*** Block opens ***

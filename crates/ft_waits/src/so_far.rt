//! What a stream knows of the text so far.

ghost use Rattle.std.specs.Prelude.{◌≡◌, ◌≢◌, [], ℕ, List, None, true, false, option_map};
ghost use Rattle.ft_dispatch.specs.declared.dispatch.Dispatch.{Dispatch};
ghost use Rattle.ft_waits.specs.Choice.{Choice};
ghost use Rattle.ft_waits.specs.Reading.{events_of, history_so_far, last_stamp as stamp_of_last, CountsEvents};
ghost use Rattle.ft_waits.specs.Streams.{HasRead, counts_kept, last_kept};

use crate::stream::Waits;

/// The last event's stamp, if there is a first event.
pub(crate) fn last_stamp(first: Option<u64>, latest: u64) -> Option<u64>
    ensures { result ≡ option_map (λ stamp. latest) first }
{
    match first {
        Some(_) => Some(latest),
        None => None,
    }
}

impl Waits {
    /// Whether bytes of the text were read, or the stream failed.
    pub fn has_begun(&self) -> bool
        ensures yes { result ≡ true → self.now.failed ≡ None
            → (choice : Choice) (text : List ℕ) (told : List Dispatch)
            → HasRead choice self.now text told → text ≢ [] }
        ensures no { result ≡ false → (choice : Choice) (text : List ℕ) (told : List Dispatch)
            → HasRead choice self.now text told → text ≡ [] }
        ensures failed { result ≡ false → self.now.failed ≡ None }
        ensures lines { result ≡ false → self.now.reading.read.lines ≡ 0 }
        ensures unended { result ≡ false → self.now.unended.items ≡ [] }
    {
        if self.failed.is_some() {
            return true;
        }
        if self.reading.read.lines > 0 {
            return true;
        }
        !self.unended.is_empty()
    }

    /// How many events each CPU had in the lines that have ended so far, by its number.
    pub fn events(&self) -> &[u32]
        ensures value { result.now ≡ counts_kept self.now }
        ensures meaning { self.now.failed ≡ None → (choice : Choice) (text : List ℕ) (told : List Dispatch)
            → HasRead choice self.now text told → CountsEvents result.now (events_of (history_so_far text)) }
    {
        &self.reading.state.lines
    }

    /// The stamp of the last event in the lines that have ended so far, in microseconds.
    pub fn last(&self) -> Option<u64>
        ensures value { result ≡ last_kept self.now }
        ensures meaning { self.now.failed ≡ None → (choice : Choice) (text : List ℕ) (told : List Dispatch)
            → HasRead choice self.now text told → result ≡ stamp_of_last (events_of (history_so_far text)) }
    {
        last_stamp(self.reading.state.first, self.reading.state.latest)
    }
}
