//! What CPUs run.

/// What a CPU runs.
#[derive(Clone, Copy, Debug, PartialEq, Eq)]
pub(crate) enum Ran {
    /// A task.
    Task(i32),
    /// It isn't known: the CPU lost events.
    Lost,
}
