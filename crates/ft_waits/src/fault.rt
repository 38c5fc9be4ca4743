//! What was read of a text, and why it is refused.

use crate::left_out::LeftOut;
use crate::missing::Missing;
use ft_event::LineFault;
use ft_losses::LossesRead;
use ft_summary::Sums;
use std::alloc::AllocError;
use thiserror::Error;

/// What to do with lines that can't be read.
#[derive(Clone, Copy, Debug, PartialEq, Eq)]
pub enum BadLines {
    /// Stop at the first one.
    Refuse,
    /// Count and skip them.
    Skip,
}

/// A line that can't be read.
#[derive(Clone, Copy, Debug, PartialEq, Eq)]
pub struct BadLine {
    /// Its number in the text, from 1.
    pub line: u64,
    /// The first thing that is wrong with it.
    pub fault: LineFault,
}

/// How many lines a text has, and which of them can't be read.
#[derive(Clone, Copy, Debug, PartialEq, Eq)]
pub struct LinesRead {
    /// How many lines there are.
    pub lines: u64,
    /// How many of them can't be read.
    pub bad: u64,
    /// The first one of these.
    pub first: Option<BadLine>,
}

/// What was read of a text.
#[derive(Drop)]
pub struct TextRead {
    /// Its lines.
    pub lines: LinesRead,
    /// The stamp of its first event, in microseconds; `None` if it has none.
    pub first: Option<u64>,
    /// The stamp of its last event.
    pub last: Option<u64>,
    /// How many events each CPU has, by the CPU's number.
    pub events: Vec<u32>,
    /// The switches that are missing in it.
    pub missing: Missing,
    /// How many events were left out.
    pub left_out: Vec<LeftOut>,
    /// The sums of the acts of its events, if they were requested.
    pub sums: Option<Sums>,
    /// Where events were lost: as lines report it, and as events show it though no line does.
    pub losses: LossesRead,
}

/// Why reading a text was stopped.
#[derive(Clone, Copy, Debug, PartialEq, Eq, Error)]
pub enum WaitsFault {
    /// Out of memory.
    #[error("out of memory")]
    Memory,
    /// The first line that can't be read.
    #[error("line {} can't be read", .0.line)]
    BadLine(BadLine),
    /// The number of the first line whose stamp is before that of the event above.
    #[error("line {0}: the timestamp is before that of the event above")]
    Backwards(u64),
    /// The text has more than 4,294,967,295 lines.
    #[error("more than 4294967295 lines")]
    TooLong,
}

/// Why a stream can't leave events out.
#[derive(Clone, Copy, Debug, PartialEq, Eq, Error)]
pub enum WithoutFault {
    /// Out of memory.
    #[error("out of memory")]
    Memory,
    /// Part of the text has already been read, or the stream failed.
    #[error("part of the text has already been read")]
    Late,
}

impl From<AllocError> for WaitsFault {
    ghost use Rattle.std.specs.Prelude.{◌≡◌};
    ghost use Rattle.ft_waits.specs.declared.fault.WaitsFault.TheVariants.{Memory};

    ghost from_gives = { λ _ fault. fault ≡ Memory };

    fn from(_error: AllocError) -> WaitsFault {
        WaitsFault::Memory
    }
}
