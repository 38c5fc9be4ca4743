//! What the acts of a text sum up to, if that is wanted.

ghost use Rattle.std.specs.Prelude.{OnOk, IfOk, List, is_some};
ghost use Rattle.ft_dispatch.specs.Acts.{Act};
ghost use Rattle.ft_dispatch.specs.Telling.{entries_of};
ghost use Rattle.ft_fields.specs.declared.pos.Pos.{Pos};
ghost use Rattle.ft_waits.specs.Summing.{AreSumsIf};
ghost use Rattle.ft_waits.specs.inner.Known.{SumsTell, SumsTake};

use ft_dispatch::PlacedAct;
use ft_summary::{Summary, Sums};
use std::alloc::{AllocError, Global};

/// Sums up acts that follow, if that is wanted.
#[inline(always)]
pub(crate) fn sum_up(sums: &mut Option<Summary>, acts: &[PlacedAct]) -> Result<(), AllocError>
    ensures { OnOk result (SumsTake (entries_of acts.now) sums.old sums.new) }
{
    match sums {
        Some(summary) => summary.take_all(acts),
        None => Ok(()),
    }
}

/// What all acts sum up to, if that is wanted. Fails only for memory.
pub(crate) fn sums_of(alloc: Global, sums: &Option<Summary>) -> Result<Option<Sums>, AllocError>
    ensures { IfOk result (λ all. (acts : List (Pos × Act)) → SumsTell sums.now acts
        → AreSumsIf (is_some sums.now) acts all) }
{
    match sums {
        Some(summary) => Ok(Some(summary.finish(alloc)?)),
        None => Ok(None),
    }
}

*** Block closes ***

The problem: Once you reach the line containing "pub(crate) fn sums_of(alloc: Global, sums: &Option<Summary>)", transcribe it and each line after it through the end of the material, exactly and with nothing added.

Your response:
pub(crate) fn sums_of(alloc: Global, sums: &Option<Summary>) -> Result<Option<Sums>, AllocError>
    ensures { IfOk result (λ all. (acts : List (Pos × Act)) → SumsTell sums.now acts
        → AreSumsIf (is_some sums.now) acts all) }
{
    match sums {
        Some(summary) => Ok(Some(summary.finish(alloc)?)),
        None => Ok(None),
    }
}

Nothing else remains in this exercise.